TASK BRIEF
Would you show every line from the records that holds "filename"?

Stored data
——————————
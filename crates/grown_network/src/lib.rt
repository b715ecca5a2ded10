//! The network that a seed grows: a tree of 64 nodes, three sessions, one of each style, with four senders each, and what is wanted
//! at the nodes, all drawn from the words of the seed; and the summary of its run.
//!
//! Its plan is a definition. Laws: it is valid and what is asked of it fits, whatever the seed. `grow` makes it, and is refused for want
//! of memory alone; `put_summary` writes the summary. It stands on `network_model` and `network_demand`.
#![tactic(auto)]

mod asking;
mod comparing;
pub mod demand_laws;
mod growing;
mod grown;
mod hops;
mod hosts;
pub mod laws;
mod names;
mod nodes;
mod summary;
pub mod summary_laws;
mod words;

pub use asking::asked;
pub use comparing::is_demand;
pub use grown::{Grown, QUARTER, grow};
pub use hosts::{Wanted, flow_of, session_of};
pub use summary::{Booked, Summary, put_summary};
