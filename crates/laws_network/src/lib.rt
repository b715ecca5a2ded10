//! Laws of networks of routers that speak of steps and rounds: that a script's rounds are calm, that steps keep the bounds, and
//! by which end a message leaves that says a hop.
//!
//! What paths and reservations become after so many rounds stands in the crates above. Definitions stand in `specs/`, and each
//! public function of `laws` has an empty body and a law as its promise.
#![tactic(auto)]

pub mod laws;
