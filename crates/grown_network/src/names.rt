//! The names of the ends of a grown network.
ghost use Rattle.std.specs.Prelude.{◌≡◌, ◌≤◌, ◌<◌, ◌++◌, ◌∷◌, [], true, codes, IfOk, OnOk};
ghost use Rattle.std.specs.Fmt.{decimal};
ghost use Rattle.rsvp_base.specs.EndNames.{is_name};
ghost use Rattle.grown_network.specs.Nodes.{names_of_link, names_up_to};

use crate::nodes::NODES;
use rsvp_base::{EndName, NoMemory};
use std::alloc::Global;
use value_texts::{put, put_number};

// The name of a letter and a number.
fn name(alloc: Global, letter: &[u8], number: u16) -> Result<EndName, NoMemory>
    requires { is_name (letter.now ++ decimal number) ≡ true }
    ensures { IfOk result (λ name. name ≡ letter.now ++ decimal number) }
{
    let mut text = Vec::new(alloc);
    put(&mut text, letter)?;
    put_number(&mut text, u64::from(number))?;
    Ok(EndName::of(text.as_slice()).unwrap())
}

// Adds a name.
fn add_name(names: &mut Vec<EndName>, name: EndName) -> Result<(), NoMemory>
    ensures { OnOk result (names.new.items ≡ names.old.items ++ name ∷ []) }
{
    if names.push(name).is_err() {
        return Err(NoMemory);
    }
    Ok(())
}

// Adds the names of the ends of the link of a node.
fn add_names(alloc: Global, names: &mut Vec<EndName>, node: u16) -> Result<(), NoMemory>
    requires { (1 ≤ node) × (node < 64) }
    ensures { OnOk result (names.new.items ≡ names.old.items ++ names_of_link node) }
{
    add_name(names, name(alloc, b"d", node)?)?;
    add_name(names, name(alloc, b"u", node)?)
}

/// The names of the ends, by number. `NoMemory`: there was no room for them.
pub(crate) fn names(alloc: Global) -> Result<Vec<EndName>, NoMemory>
    ensures { IfOk result (λ names. names.items ≡ names_up_to 63) }
{
    let mut names = Vec::new(alloc);
    for node in 1..NODES {
        add_names(alloc, &mut names, node)?;
    }
    Ok(names)
}
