//! What the hosts of a grown network ask of it.
ghost use Rattle.std.specs.Prelude.{◌≡◌, ◌++◌, ◌∷◌, [], map, IfOk, OnOk};
ghost use Rattle.std.specs.List.{flat_map};
ghost use Rattle.rsvp_base.specs.Table.{keys};
ghost use Rattle.rsvp_messages.specs.Units.{only};
ghost use Rattle.network_demand.specs.Asked.{locals_of};
ghost use Rattle.grown_network.specs.Grown.{local_wants};
ghost use Rattle.grown_network.specs.Asking.{want_of};

use crate::hosts::{Wanted, session_of};
use network_demand::Locals;
use rsvp_base::{NoMemory, Part, Sender, Senders, StyleKind};
use std::alloc::Global;
use tree_model::{LocalSender, LocalWant};

/// What these senders and wants ask of their network. `NoMemory`: there was no room for it.
pub fn asked(alloc: Global, senders: &[LocalSender], wants: &[Wanted]) -> Result<Locals, NoMemory>
    ensures { IfOk result (λ l. locals_of l ≡ record { senders = senders.now; wants = flat_map local_wants wants.now }) }
{
    let mut all = Vec::new(alloc);
    for wanted in wants {
        add_wants(&mut all, wanted)?;
    }
    Ok(Locals {
        senders: senders.to_vec(alloc).map_err(|_| NoMemory)?,
        wants: all,
    })
}

// Adds what the call for a want makes wanted at its node: in fixed style one for each sender.
fn add_wants(all: &mut Vec<LocalWant>, wanted: &Wanted) -> Result<(), NoMemory>
    ensures { OnOk result (all.new.items ≡ all.old.items ++ local_wants wanted.now) }
{
    match wanted.style {
        StyleKind::Wild => add_want(all, wanted, Senders::new()),
        StyleKind::Fixed => add_each(all, wanted),
        StyleKind::Shared => add_want(all, wanted, wanted.senders.copy()),
    }
}

// Adds a want of each of its senders.
fn add_each(all: &mut Vec<LocalWant>, wanted: &Wanted) -> Result<(), NoMemory>
    ensures { OnOk result (all.new.items ≡ all.old.items ++ map (λ x. want_of wanted.now (only x)) (keys wanted.now.senders)) }
{
    for sender in wanted.senders.as_slice() {
        add_want(all, wanted, only(*sender))?;
    }
    Ok(())
}

// Adds a want of these senders together.
fn add_want(all: &mut Vec<LocalWant>, wanted: &Wanted, senders: Senders) -> Result<(), NoMemory>
    ensures { OnOk result (all.new.items ≡ all.old.items ++ want_of wanted.now senders ∷ []) }
{
    let want = LocalWant {
        node: wanted.node,
        session: session_of(wanted.style),
        style: wanted.style,
        part: Part {
            senders,
            flow: wanted.flow,
        },
    };
    if all.push(want).is_err() {
        return Err(NoMemory);
    }
    Ok(())
}

// The list of one sender.
fn only(sender: Sender) -> Senders
    ensures { result ≡ only sender }
{
    let mut names = Senders::new();
    let Ok(()) = names.insert(sender) else {
        unreachable!();
    };
    names
}
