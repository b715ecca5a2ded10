//! The network that a seed grows.
ghost use Rattle.std.specs.Prelude.{◌≡◌, ◌*◌, ◌+◌, ◌≤◌, IfOk};
ghost use Rattle.tree_model.specs.Ranks.{longest};
ghost use Rattle.grown_network.specs.GrownBy.{IsGrownBy};

use crate::growing::routing;
use crate::hosts::{Wanted, senders, wants};
use crate::names::names;
use rsvp_base::{EndName, NoMemory};
use std::alloc::Global;
use tree_model::LocalSender;
use tree_routing::Routing;

/// A quarter of the refresh period, in milliseconds.
pub const QUARTER: u32 = 7500;

/// What a seed grows: a network of 64 nodes, of which each but the first hangs on another, the tree of each of twelve senders,
/// and what is wanted.
#[derive(Drop)]
pub struct Grown {
    pub routing: Routing,
    /// The names of the ends, by number.
    pub names: Vec<EndName>,
    /// Who sends, by session, each 1000/1000/inf/64/1500.
    pub senders: Vec<LocalSender>,
    /// What is wanted, by node and session.
    pub wants: Vec<Wanted>,
    /// How many rounds the network runs then: 16 H + 16, where H is the length of the longest chain of hops.
    pub rounds: u32,
}

// How many rounds are enough for a network to settle.
fn rounds_for(routing: &Routing) -> u32
    requires { longest routing.now ≤ 8192 }
    ensures { result ≡ 16 * longest routing.now + 16 }
{
    16 * routing.longest() + 16
}

/// Grows the network of a seed. `NoMemory`: there was no room for it.
pub fn grow(alloc: Global, seed: u64) -> Result<Grown, NoMemory>
    ensures { IfOk result (λ grown. IsGrownBy seed grown) }
{
    let senders = senders(alloc, seed)?;
    let routing = routing(alloc, senders.as_slice())?;
    let rounds = rounds_for(&routing);
    Ok(Grown {
        routing,
        names: names(alloc)?,
        senders,
        wants: wants(alloc, seed)?,
        rounds,
    })
}
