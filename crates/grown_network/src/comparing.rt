//! A report is compared with a demand.
ghost use Rattle.std.specs.Prelude.{◌≡◌, ◌↔◌, ◌++◌, true, List, ℕ, IsTrue, IfOk, OnOk, bytes_eq};
ghost use Rattle.network_model.specs.DemandTexts.{last_line};

use rsvp_base::NoMemory;
use std::alloc::Global;
use value_texts::{put, put_number};

/// Whether a report is a demand that fits but for its last line, which tells this length of the longest chain of hops. `NoMemory`:
/// there was no room to compare them.
pub fn is_demand(
    alloc: Global,
    report: &[u8],
    demand: &[u8],
    longest: u32,
) -> Result<bool, NoMemory>
    ensures { IfOk result (λ same. (told : List ℕ) → demand.now ≡ told ++ last_line longest true → same ≡ bytes_eq report.now told) }
{
    let mut last = Vec::new(alloc);
    put_last(&mut last, longest)?;
    Ok(is_followed(demand, report, last.as_slice()))
}

// Appends the last line of a demand that fits.
#[tactic(auto, unfolding(network_model::specs::DemandTexts::last_line))]
fn put_last(out: &mut Vec<u8>, longest: u32) -> Result<(), NoMemory>
    ensures { OnOk result (out.new.items ≡ out.old.items ++ last_line longest true) }
{
    put(out, b"longest ")?;
    put_number(out, u64::from(longest))?;
    put(out, b" fits yes\n")
}

// Whether a text is this front, followed by this line.
fn is_followed(text: &[u8], front: &[u8], line: &[u8]) -> bool
    ensures { IsTrue result ↔ (text.now ≡ front.now ++ line.now) }
{
    match text.strip_prefix(front) {
        Some(rest) => rest == line,
        None => false,
    }
}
——————————
RESPONSE TO THIS TASK
filename crates/grown_network/src/lib.rt
filename crates/laws_network/src/lib.rt
filename crates/grown_network/src/names.rt
filename crates/grown_network/src/comparing.rt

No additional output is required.